David de la Rocha, one of the tour's bus drivers and a tuba player for the group's Fighting Instruments of Karma Marching Chamber Band/Orchestra, is an analyst for the Justice Department and an Air Force reservist when he's not driving his crazy comrades around.

He has brought his 16-year-old daughter Tasche along each of the 12 years he's toured.

Tasche is the bass drummer for the band and the tour's massage therapist.

“We're quite a collection of people,” David said.

According to Murayama, besides some professional performers, the group includes a doctor, a computer analyst, a veterinarian and others with normal day jobs.

“It's a labor of love,” she said.

According to Chaez Ray, a longtime cook for the group and former cook for the Grateful Dead, the chautauqua seeks to bring much more than entertainment to the towns it visits.

“What we really do is integrate communities,” he said. “We've had eggs thrown at us in very conservative communities, but by the time we left they insisted we come back.”

The group often tries to incorporate service projects and fundraising activities into its tours.

Last year's tour took them along the hurricane-ravaged coasts of Mississippi and Louisiana.

Murayama said that their performances in New Orleans were some of the most moving shows she has ever seen the group put on.

“I was watching the faces of little children and seniors at two different shows,” she said. “They were long, solemn and confused at first, but by the end of the show they were laughing and clapping.”

Friday night's show served as a fundraiser for Garden City Harvest.
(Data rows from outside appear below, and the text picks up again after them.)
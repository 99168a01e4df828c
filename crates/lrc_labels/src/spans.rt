// Words, or locks, as spans in ascending order.

ghost use Rattle.std.specs.Prelude.{◌≡◌, ◌<◌, ◌≤◌, ◌||◌, Bool, OnOk, false, length};
ghost use Rattle.std.specs.List.{AllWithin, list_any};
ghost use Rattle.lrc_labels.specs.declared.spans.Span.{Span};
ghost use Rattle.lrc_labels.specs.Spans.{AreSpansFrom, reaches};

use std::alloc::AllocError;

/// The numbers from the first to the last.
#[derive(Clone, Copy)]
pub struct Span {
    pub first: u32,
    pub last: u32,
}

/// Returns whether one of the spans has a number from `first` to `last`.
pub fn is_reached(spans: &[Span], first: u32, last: u32) -> bool
    requires { AreSpansFrom 0 spans.now }
    ensures { result ≡ list_any (reaches first last) spans.now }
{
    match spans.get(place_of(spans, first)) {
        Some(span) => span.first <= last,
        None => false,
    }
}

/// Puts a span among others, of which none has one of its numbers. It fails only if memory runs out.
pub fn put(spans: &mut Vec<Span>, span: Span) -> Result<(), AllocError>
    requires are { AreSpansFrom 0 spans.old.items }
    requires ends { span.first ≤ span.last }
    requires free { list_any (reaches span.first span.last) spans.old.items ≡ false }
    ensures are { OnOk result (AreSpansFrom 0 spans.new.items) }
    ensures more { OnOk result ((test : Span → Bool) → list_any test spans.new.items
        ≡ (test span || list_any test spans.old.items)) }
{
    let place = place_of(spans, span.first);
    spans.insert(place, span)?;
    Ok(())
}

// The place of the first span that does not end below this number.
fn place_of(spans: &[Span], number: u32) -> usize
    requires { AreSpansFrom 0 spans.now }
    ensures bound { result ≤ length spans.now }
    ensures before { AllWithin (λ span. span.last < number) spans.now 0 result }
    ensures from { AllWithin (λ span. number ≤ span.last) spans.now result (length spans.now) }
{
    spans.partition_point(|span| span.last < number)
}
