// Labels behind the numbers of words and locks.

ghost use Rattle.std.specs.Prelude.{◌≡◌, ◌++◌, OnErr, OnOk, find, map, option_map};
ghost use Rattle.std.specs.List.{flat_map};
ghost use Rattle.lrc_text.specs.Front.{BeginsWith};
ghost use Rattle.lrc_labels.specs.Reading.{label_seen};
ghost use Rattle.lrc_labels.specs.Show.{index_text, lock_label_member, lock_label_text, member_text, name_of, names_lock, names_word, numbered_lock};
ghost use Rattle.lrc_labels.specs.Show.{numbered_word, place_text, shown_text, word_label_member, word_label_text};
ghost use Rattle.lrc_labels.specs.Sizes.{indices};

use crate::label::{Label, Target};
use crate::sizes::indices_of;
use lrc_text::push_number;
use std::alloc::AllocError;

/// Appends ` (LABEL)` after the number of a word, if one of the labels names the word. The label is `NAME`; under `words`
/// it is `NAME[I]`, where I is the word's place among its words, or `NAME[I][J]` and so on, if its label has sizes. It
/// fails if memory runs out; then only part of it may have been appended.
pub fn push_word_label(
    text: &mut Vec<u8>,
    labels: &[Label<'_>],
    word: u32,
) -> Result<(), AllocError>
    ensures ok { OnOk result (text.new.items
        ≡ text.old.items ++ word_label_text (map label_seen labels.now) word) }
    ensures err { OnErr result (BeginsWith text.new.items text.old.items) }
{
    match label_of_word(labels, word) {
        Some(label) => push_shown(text, label, word),
        None => Ok(()),
    }
}

/// Appends ` (LABEL)` after the number of a lock, if one of the labels names the lock. It fails if memory runs out;
/// then only part of it may have been appended.
pub fn push_lock_label(text: &mut Vec<u8>, labels: &[Label<'_>], lock: u8) -> Result<(), AllocError>
    ensures ok { OnOk result (text.new.items
        ≡ text.old.items ++ lock_label_text (map label_seen labels.now) lock) }
    ensures err { OnErr result (BeginsWith text.new.items text.old.items) }
{
    match label_of_lock(labels, lock) {
        Some(label) => push_shown(text, label, u32::from(lock)),
        None => Ok(()),
    }
}

/// Appends a name, the number of a word, and the word's label. It fails if memory runs out; then only part of it may
/// have been appended.
pub fn push_numbered_word(
    text: &mut Vec<u8>,
    labels: &[Label<'_>],
    name: &[u8],
    word: u32,
) -> Result<(), AllocError>
    ensures ok { OnOk result (text.new.items
        ≡ text.old.items ++ numbered_word (map label_seen labels.now) name.now word) }
    ensures err { OnErr result (BeginsWith text.new.items text.old.items) }
{
    push_number(text, name, u64::from(word))?;
    push_word_label(text, labels, word)
}

/// Appends a name, the number of a lock, and the lock's label. It fails if memory runs out; then only part of it may
/// have been appended.
pub fn push_numbered_lock(
    text: &mut Vec<u8>,
    labels: &[Label<'_>],
    name: &[u8],
    lock: u8,
) -> Result<(), AllocError>
    ensures ok { OnOk result (text.new.items
        ≡ text.old.items ++ numbered_lock (map label_seen labels.now) name.now lock) }
    ensures err { OnErr result (BeginsWith text.new.items text.old.items) }
{
    push_number(text, name, u64::from(lock))?;
    push_lock_label(text, labels, lock)
}

/// Appends the label of a word as a member of a JSON object, if one of the labels names the word. It fails only if
/// memory runs out.
pub fn push_word_member(
    text: &mut Vec<u8>,
    labels: &[Label<'_>],
    word: u32,
) -> Result<(), AllocError>
    ensures { OnOk result (text.new.items
        ≡ text.old.items ++ word_label_member (map label_seen labels.now) word) }
{
    match label_of_word(labels, word) {
        Some(label) => push_member(text, label, word),
        None => Ok(()),
    }
}

/// Appends the label of a lock as a member of a JSON object, if one of the labels names the lock. It fails only if
/// memory runs out.
pub fn push_lock_member(
    text: &mut Vec<u8>,
    labels: &[Label<'_>],
    lock: u8,
) -> Result<(), AllocError>
    ensures { OnOk result (text.new.items
        ≡ text.old.items ++ lock_label_member (map label_seen labels.now) lock) }
{
    match label_of_lock(labels, lock) {
        Some(label) => push_member(text, label, u32::from(lock)),
        None => Ok(()),
    }
}

// The first of the labels that names a word.
fn label_of_word<'l, 't>(labels: &'l [Label<'t>], word: u32) -> Option<&'l Label<'t>>
    ensures { option_map (λ label. label_seen label.now) result
        ≡ find (λ label. names_word label.target word) (map label_seen labels.now) }
{
    labels.iter().find(|label| names_word(label.target, word))
}

// The first of the labels that names a lock.
fn label_of_lock<'l, 't>(labels: &'l [Label<'t>], lock: u8) -> Option<&'l Label<'t>>
    ensures { option_map (λ label. label_seen label.now) result
        ≡ find (λ label. names_lock label.target lock) (map label_seen labels.now) }
{
    labels.iter().find(|label| names_lock(label.target, lock))
}

fn names_word(target: Target, word: u32) -> bool
    ensures { result ≡ names_word target word }
{
    match target {
        Target::Word(named) => named == word,
        Target::Words(first, last) => first <= word && word <= last,
        Target::Lock(_) | Target::Locks(..) => false,
    }
}

fn names_lock(target: Target, lock: u8) -> bool
    ensures { result ≡ names_lock target lock }
{
    match target {
        Target::Lock(named) => named == lock,
        Target::Locks(first, last) => first <= lock && lock <= last,
        Target::Word(_) | Target::Words(..) => false,
    }
}

fn push_shown(text: &mut Vec<u8>, label: &Label<'_>, number: u32) -> Result<(), AllocError>
    ensures ok { OnOk result (text.new.items
        ≡ text.old.items ++ shown_text number (label_seen label.now)) }
    ensures err { OnErr result (BeginsWith text.new.items text.old.items) }
{
    text.extend_from_slice(b" (")?;
    push_name(text, label, number)?;
    text.extend_from_slice(b")")
}

fn push_member(text: &mut Vec<u8>, label: &Label<'_>, number: u32) -> Result<(), AllocError>
    ensures { OnOk result (text.new.items
        ≡ text.old.items ++ member_text number (label_seen label.now)) }
{
    text.extend_from_slice(b",\"label\":\"")?;
    push_name(text, label, number)?;
    text.extend_from_slice(b"\"")
}

// Adds the name by which a label calls a word or a lock.
fn push_name(text: &mut Vec<u8>, label: &Label<'_>, number: u32) -> Result<(), AllocError>
    ensures ok { OnOk result (text.new.items
        ≡ text.old.items ++ name_of number (label_seen label.now)) }
    ensures err { OnErr result (BeginsWith text.new.items text.old.items) }
{
    text.extend_from_slice(label.name)?;
    push_place(text, label.target, &label.sizes, number)
}

// Adds the place of a word or of a lock among those that a label numbers.
fn push_place(
    text: &mut Vec<u8>,
    target: Target,
    sizes: &[u32],
    number: u32,
) -> Result<(), AllocError>
    ensures ok { OnOk result (text.new.items
        ≡ text.old.items ++ place_text target sizes.now number) }
    ensures err { OnErr result (BeginsWith text.new.items text.old.items) }
{
    match target {
        Target::Words(first, _) => push_indices(text, number.saturating_sub(first), sizes),
        Target::Locks(first, _) => {
            push_indices(text, number.saturating_sub(u32::from(first)), sizes)
        }
        Target::Word(_) | Target::Lock(_) => Ok(()),
    }
}

// Adds the indices of the element at this place.
fn push_indices(text: &mut Vec<u8>, place: u32, sizes: &[u32]) -> Result<(), AllocError>
    ensures ok { OnOk result (text.new.items
        ≡ text.old.items ++ flat_map index_text (indices place sizes.now)) }
    ensures err { OnErr result (BeginsWith text.new.items text.old.items) }
{
    let alloc = *text.allocator();
    let indices = indices_of(alloc, place, sizes)?;
    push_each_index(text, &indices)
}

fn push_each_index(text: &mut Vec<u8>, indices: &[u32]) -> Result<(), AllocError>
    ensures ok { OnOk result (text.new.items
        ≡ text.old.items ++ flat_map index_text indices.now) }
    ensures err { OnErr result (BeginsWith text.new.items text.old.items) }
{
    for index in indices {
        push_index(text, *index)?;
    }
    Ok(())
}

fn push_index(text: &mut Vec<u8>, index: u32) -> Result<(), AllocError>
    ensures ok { OnOk result (text.new.items ≡ text.old.items ++ index_text index) }
    ensures err { OnErr result (BeginsWith text.new.items text.old.items) }
{
    push_number(text, b"[", u64::from(index))?;
    text.extend_from_slice(b"]")
}
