// The sizes of an array, without the first, and the places of its elements by rows.

ghost use Rattle.std.specs.Prelude.{◌≡◌, IfOk, map, true};
ghost use Rattle.std.specs.List.{list_all};
ghost use Rattle.std.specs.Str.Parse.{digits_value};
ghost use Rattle.lrc_labels.specs.Name.{is_numeral};
ghost use Rattle.lrc_labels.specs.Sizes.{fills, indices, is_size, sizes_of};

use crate::name::{is_numeral, number_below};
use std::alloc::{AllocError, Global};

/// Returns whether each of these fields is a size: a number of 1 to 65,536.
pub fn are_sizes(fields: &[&[u8]]) -> bool
    ensures { result ≡ list_all is_size (map (λ field. field.now) fields.now) }
{
    fields.iter().all(|field| is_size(field))
}

fn is_size(field: &[u8]) -> bool
    ensures { result ≡ is_size field.now }
{
    is_numeral(field) && is_within(field)
}

// Whether digits write a number of 1 to 65,536.
fn is_within(digits: &[u8]) -> bool
    requires { is_numeral digits.now ≡ true }
    ensures { result ≡ is_size digits.now }
{
    match number_below(digits, 65537) {
        Some(number) => number >= 1,
        None => false,
    }
}

// The number that a size writes.
fn size_of(field: &[u8]) -> u32
    requires { is_size field.now ≡ true }
    ensures { result ≡ digits_value 10 field.now }
{
    match number_below(field, 65537) {
        Some(number) => number,
        None => 0,
    }
}

/// Returns whether so many elements fill whole rows of these sizes.
pub fn fills(count: u32, sizes: &[&[u8]]) -> bool
    requires { list_all is_size (map (λ size. size.now) sizes.now) ≡ true }
    ensures { result ≡ fills count (sizes_of (map (λ size. size.now) sizes.now)) }
{
    let mut rows = count;
    for field in sizes {
        let size = size_of(field);
        if rows % size != 0 {
            return false;
        }
        rows /= size;
    }
    true
}

/// Returns the numbers that these sizes write. It fails only if memory runs out.
pub fn numbers_of(alloc: Global, sizes: &[&[u8]]) -> Result<Vec<u32>, AllocError>
    requires { list_all is_size (map (λ size. size.now) sizes.now) ≡ true }
    ensures { IfOk result (λ numbers.
        numbers.items ≡ sizes_of (map (λ size. size.now) sizes.now)) }
{
    let mut numbers = Vec::new(alloc);
    for field in sizes {
        numbers.push(size_of(field))?;
    }
    Ok(numbers)
}

/// Returns the indices of the element at this place of an array, whose rows have these sizes. It fails only if memory
/// runs out.
pub fn indices_of(alloc: Global, place: u32, sizes: &[u32]) -> Result<Vec<u32>, AllocError>
    ensures { IfOk result (λ found. found.items ≡ indices place sizes.now) }
{
    let mut found = Vec::new(alloc);
    let mut rows = place;
    for i in (0..sizes.len()).rev() {
        let size = sizes[i].max(1);
        found.push(rows % size)?;
        rows /= size;
    }
    found.push(rows)?;
    found.reverse();
    Ok(found)
}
According to Laurie Strand, a fundraiser for the group, 75 percent of the revenue after expenses is slated for the organization.

In exchange, Garden City Harvest took care of promotion, according to Strand.

To keep costs down, the New Old Time Chautauqua performers sleep in tents at each destination and eat donated food when they can.

There's not much of a power structure on tour, but things still get done.

“We do all the things a normal community does,” Murayama said. “We have the same problems and we solve them non-hierarchically.”

At each stop, the group tries to bring its message of connection with one's community. Murayama said that the performance and performers are secondary to the sense of community that each show creates.

“Each performance is a meeting of communities,” she said. “The ownership of what happens is everyone's.”

From Missoula, the show heads to Polson for another show on Monday. The tour wraps up in Eagle, Idaho, on Aug. 4.